Saved entries:
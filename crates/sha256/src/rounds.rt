// The rounds of a block.
ghost use Rattle.std.specs.Prelude.{◌≡◌, ◌<◌, ◌++◌, bit_xor};
ghost use Rattle.std.specs.Simd.Lanes.{zip2};
ghost use Rattle.sha256.specs.Parts.{summed_round};
ghost use Rattle.sha256.specs.Sha256.{plus, rotr, Ch, Maj, rounds};

use crate::schedule::Words;
use crate::state::State;
use std::simd::prelude::*;

// Three rotations to the right: Σ0 and Σ1 of the standard. No type says that a const parameter lies from 1 to 31.
fn big<const I: u32, const J: u32, const K: u32>(x: u32) -> u32
    requires i_range { (0 < I) × (I < 32) }
    requires j_range { (0 < J) × (J < 32) }
    requires k_range { (0 < K) × (K < 32) }
    ensures { result ≡ bit_xor (bit_xor (rotr I x) (rotr J x)) (rotr K x) }
{
    x.rotate_right(I) ^ x.rotate_right(J) ^ x.rotate_right(K)
}

// The bits of y where x has a one, and those of z elsewhere, with one operation fewer than the standard writes.
#[tactic(auto, using(crate::proofs::Choice::chosen))]
fn choose(x: u32, y: u32, z: u32) -> u32
    ensures { result ≡ Ch x y z }
{
    z ^ (x & (y ^ z))
}

// The bits that two of three have. Of `x ^ y` and `y ^ z` each round makes one, since the next has it as the other.
#[tactic(auto, using(crate::proofs::Choice::most))]
fn majority(x: u32, y: u32, z: u32) -> u32
    ensures { result ≡ Maj x y z }
{
    y ^ ((x ^ y) & (y ^ z))
}

// One round, with the sum of its constant and its word.
#[tactic(auto, unfolding(crate::specs::Parts::summed_round))]
#[inline(always)]
fn round(s: State, kw: u32) -> State
    ensures { result ≡ summed_round s kw }
{
    let t1 = s
        .h
        .wrapping_add(big::<6, 11, 25>(s.e))
        .wrapping_add(choose(s.e, s.f, s.g))
        .wrapping_add(kw);
    let t2 = big::<2, 13, 22>(s.a).wrapping_add(majority(s.a, s.b, s.c));
    State {
        a: t1.wrapping_add(t2),
        b: s.a,
        c: s.b,
        d: s.c,
        e: s.d.wrapping_add(t1),
        f: s.e,
        g: s.f,
        h: s.g,
    }
}

// Four rounds, with their words and constants.
#[inline(always)]
#[tactic(auto, using(crate::proofs::Summed::four_summed))]
fn four_rounds(s: State, w: u32x4, k: [u32; 4]) -> State
    ensures { result ≡ rounds k w s }
{
    let kw = sums(w, k);
    let s = round(s, kw[0]);
    let s = round(s, kw[1]);
    let s = round(s, kw[2]);
    round(s, kw[3])
}

fn sums(w: u32x4, k: [u32; 4]) -> [u32; 4]
    ensures { result ≡ zip2 plus w k }
{
    (w + u32x4::from_array(k)).to_array()
}

// Sixteen rounds, with their words and constants. The constants come in four rows: the clause would have to flatten an array of these.
#[inline(always)]
#[tactic(auto, using(crate::proofs::Summed::sixteen))]
pub fn sixteen_rounds(
    s: State,
    w: Words,
    k0: [u32; 4],
    k1: [u32; 4],
    k2: [u32; 4],
    k3: [u32; 4],
) -> State
    ensures { result ≡ rounds (k0 ++ (k1 ++ (k2 ++ k3))) (w.0 ++ (w.1 ++ (w.2 ++ w.3))) s }
{
    let s = four_rounds(s, w.0, k0);
    let s = four_rounds(s, w.1, k1);
    let s = four_rounds(s, w.2, k2);
    four_rounds(s, w.3, k3)
}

▶ _TASK DIRECTIONS_
Using the entries above, give again exactly the lines from the line holding "fn choose(x: u32, y: u32, z: u32) -> u32" through the line holding "#[tactic(auto, unfolding(crate::specs::Parts::summed_round))]". Include both end lines and nothing else.

▶ _OUTPUT OF THE EXERCISE_
fn choose(x: u32, y: u32, z: u32) -> u32
    ensures { result ≡ Ch x y z }
{
    z ^ (x & (y ^ z))
}

// The bits that two of three have. Of `x ^ y` and `y ^ z` each round makes one, since the next has it as the other.
#[tactic(auto, using(crate::proofs::Choice::most))]
fn majority(x: u32, y: u32, z: u32) -> u32
    ensures { result ≡ Maj x y z }
{
    y ^ ((x ^ y) & (y ^ z))
}

// One round, with the sum of its constant and its word.
#[tactic(auto, unfolding(crate::specs::Parts::summed_round))]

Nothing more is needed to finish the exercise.